# DIY Project Goal: Build an enviable HID flashlight/spotlight before the end decade.



## couver52 (Nov 8, 2012)

Step one was to place an order on eBay for a 35W HID bulb and ballast assembly manufactured as a replacement bulb for an existing finished HID torch/spotlight product. Step two: ask myself where on earth and I going to find out all the 'secrets' about HIDs, their ballasts, lithium-battery protection circuits, adjustable focus lenses/and orreflectors, and how and what to test for and find what electrical parameters needing to be properly managed before even attempting the also untrained for task of machining a suitable housing to compatibly bring it all together in a completed precision lighting instrument.

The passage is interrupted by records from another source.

//! A line by ranks: nodes are sorted by their places among the names of the chain that stay.
ghost use Rattle.std.specs.Prelude.{◌≡◌, ◌+◌, ◌<◌, ◌++◌, ◌∷◌, [], IfOk, OnOk, length, if◌then◌else◌, ◌^◌};
ghost use Rattle.rd_graph.specs.Graphs.{IsInOrder};
ghost use Rattle.rd_graph.specs.Patches.{CanBePatched};
ghost use Rattle.rd_graph.specs.Internal.Seen.{seen};
ghost use Rattle.rd_graph.specs.Internal.Walks.{counted};
ghost use Rattle.rd_graph.specs.Internal.Ranks.{fixed, rank_after, loose_one, loose, spread, AreRankable, PutsRanked, AreByRank, IsLineOf};

use crate::change::Change;
use crate::counting::{Rankable, push_ranked};
use crate::graph::Node;
use crate::ranked::{RankedRun, places_alone, push_ranked_run, sort};
use crate::runs::Run;
use crate::stays::Stays;
use crate::walking::marks;
use rd_keys::EntryKey;
use std::alloc::{AllocError, Global};

/// Puts a name of the chain at the end, if it stays.
fn push_fixed(names: &mut Vec<EntryKey>, stays: bool, name: EntryKey) -> Result<(), AllocError>
    ensures { OnOk result (names.new.items ≡ names.old.items ++ (if stays then name ∷ [] else [])) }
{
    if stays {
        names.push(name)?;
    }
    Ok(())
}

/// The names of a chain that stay.
fn fixed_names(
    alloc: Global,
    stays: &Stays,
    places: &[usize],
    chain: &[EntryKey],
) -> Result<Vec<EntryKey>, AllocError>
    requires { length places.now ≡ length chain.now }
    ensures { IfOk result (λ v. v.items ≡ fixed stays.now places.now chain.now) }
{
    let mut names = Vec::new(alloc);
    for i in 0..places.len() {
        push_fixed(&mut names, stays.has(places[i]), chain[i])?;
    }
    Ok(names)
}

/// Puts a place of the chain at the end, if it stays.
fn push_if(places: &mut Vec<usize>, stays: bool, place: usize) -> Result<(), AllocError>
    ensures { OnOk result (places.new.items ≡ places.old.items ++ (if stays then place ∷ [] else [])) }
{
    if stays {
        places.push(place)?;
    }
    Ok(())
}

/// The places of the chain that stay.
fn fixed_places(alloc: Global, stays: &Stays, places: &[usize]) -> Result<Vec<usize>, AllocError>
    ensures { IfOk result (λ v. v.items ≡ fixed stays.now places.now places.now) }
{
    let mut some = Vec::new(alloc);
    for place in places {
        push_if(&mut some, stays.has(*place), *place)?;
    }
    Ok(some)
}

/// Puts a place of the chain at the end with its rank, unless it stays. Gives the rank of the next one.
fn push_loose(
    runs: &mut Vec<RankedRun>,
    stays: &Stays,
    rank: usize,
    place: usize,
) -> Result<usize, AllocError>
    requires { rank + 1 < 2 ^ 64 }
    ensures runs { OnOk result (spread runs.new.items ≡ spread runs.old.items ++ loose_one stays.now rank place) }
    ensures rank { IfOk result (λ r. r ≡ rank_after stays.now rank place) }
{
    if stays.has(place) {
        return Ok(rank + 1);
    }
    push_ranked_run(runs, rank, place, 1)?;
    Ok(rank)
}

/// The places of the chain that do not stay, with their ranks.
fn loose_runs(alloc: Global, stays: &Stays, places: &[usize]) -> Result<Vec<RankedRun>, AllocError>
    ensures { IfOk result (λ v. spread v.items ≡ loose stays.now 0 places.now) }
{
    let mut runs = Vec::new(alloc);
    let mut rank = 0;
    for place in places {
        rank = push_loose(&mut runs, stays, rank, *place)?;
    }
    Ok(runs)
}

/// Puts the places that stay at the end, with the ranks of their nodes among the names of a chain that stay.
fn push_nodes(
    alloc: Global,
    runs: &mut Vec<RankedRun>,
    nodes: &[Node],
    stays: &Stays,
    places: &[usize],
    chain: &[EntryKey],
) -> Result<(), AllocError>
    requires what { AreRankable nodes.now stays.now (fixed stays.now places.now places.now) (fixed stays.now places.now chain.now) }
    requires places { length places.now ≡ length chain.now }
    ensures { OnOk result (PutsRanked (fixed stays.now places.now chain.now) stays.now (seen nodes.now)
        (spread runs.old.items) (spread runs.new.items)) }
{
    let some = fixed_places(alloc, stays, places)?;
    let names = fixed_names(alloc, stays, places, chain)?;
    let what = Rankable {
        nodes,
        stays,
        places: &some,
        names: &names,
    };
    push_ranked(alloc, runs, what)
}

/// The places with their ranks, by their ranks.
fn sorted_runs(
    alloc: Global,
    nodes: &[Node],
    stays: &Stays,
    places: &[usize],
    chain: &[EntryKey],
) -> Result<Vec<RankedRun>, AllocError>
    requires what { AreRankable nodes.now stays.now (fixed stays.now places.now places.now) (fixed stays.now places.now chain.now) }
    requires places { length places.now ≡ length chain.now }
    ensures { IfOk result (λ v. AreByRank stays.now places.now chain.now (seen nodes.now) (spread v.items)) }
{
    let mut runs = loose_runs(alloc, stays, places)?;
    push_nodes(alloc, &mut runs, nodes, stays, places, chain)?;
    sort(&mut runs)?;
    Ok(runs)
}

/// The line by ranks.
pub(crate) fn ranked_line(
    alloc: Global,
    nodes: &[Node],
    change: Change<'_>,
    places: &[usize],
) -> Result<Vec<Run>, AllocError>
    requires sound { IsInOrder (seen nodes.now) }
    requires can { CanBePatched change.removed.now change.chain.now change.old_places.now (seen nodes.now) }
    requires places { places.now ≡ counted (length nodes.now) change.old_places.now }
    ensures { IfOk result (IsLineOf change.entry.removed.now change.entry.chain.now change.entry.old_places.now (seen nodes.now)) }
{
    let stays = marks(alloc, nodes.len(), change.removed)?;
    let runs = sorted_runs(alloc, nodes, &stays, places, change.chain)?;
    places_alone(alloc, &runs, nodes.len())
}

Now I have a gzillion other more important things to do with my time, so this is going to be a slow going hobby of mine for several months to come. With generous, talented, knowledgeable tolerant and patient input and/or dialogue with interested others here, I might just might be able to develop a comprehensive plan (as in blueprint) negating the need for the more expensive, time consuming and inefficient trial-and-error approach.

But first (and until I receive my HID bulb+ballast delivery), I'm going to bed to sleep now; perhaps to dream; a dream perhaps in which I'm luxuriating in a desert oasis and finding myself being doted on by exotically beautiful women, all resulting from my having failing to conceal this one self-made flashlight/spotlight/torch that happens outshine all the other lamps in the realm. I just ask that nobody wake me sooner in the morning than necessary, please.

BH


----------



## IlluminatedOne (Nov 8, 2012)

Good luck with your project, there is a wealth of information and people on here to help .


----------



## couver52 (Nov 20, 2012)

Here are a couple of snapshots of the HID bulb & ballast I intend to use. (Sorry about the poor picture quality.) I have a question, in case I find the outer glass envelope poses any difficulty: How can I tell whether this is, or is not, one of those HID bulbs I have read about on Wikipedia where it is claimed, most HIDs are made to automatically turn off if/when the outer envelope becomes cracked or broken? Also, when powering this thing up once it's all assembled in a flashlight case, I'll likely want to use lithium rechargeables. As I believe there is no lithium-ion battery protection-board provided in this lamp (according to the seller), what I might I need to do to make sure that such battery vulnerabilities are automatically circumvented thus preventing resulting damage due to improper drain, charge, heat, etc. conditions, etc.? Look for Lithiu-Ion rechargeables advertized as having such a protection circuitry already included within them. Or is this something I need not worry about as long as I'm careful to never let the batteries run down too low or too close to empty, or at full power for more than a few seconds to minutes?

Thanks


----------



## couver52 (Nov 30, 2012)

Sorry the image didn't show up in the previous post. Trying again here.

See Rule #3 Do not Hot Link images. Please host on an image site, Imageshack or similar and repost – Thanks Norm


----------



## couver52 (Dec 1, 2012)

There, now that the picture is up, I can ask for some help/advice, as I can't seem to get the bulb to power up for me.

First of all the vendor says this bulb requires 12V. So I've connected the positive and negative contacts to a 12V capable DC power supply (actually my car battery charger), and the bulb just flickers and won't light up. (Yes, I was careful not to mix up the polarity.)

Now I have three amperage settings on my power supply (car battery charger) which are 2A, 12A and 75A. I've tried all three settings, and yet the bulb behaves the same regardless. I've put a voltmeter on my power supply to test the voltages at each of these amperage settings and found these to be 10.09v, 11.95v and 16.47v respectively. The last two settings meet the bulb's stated required Starting Voltage while certainly being able to supply more than sufficient amperage*.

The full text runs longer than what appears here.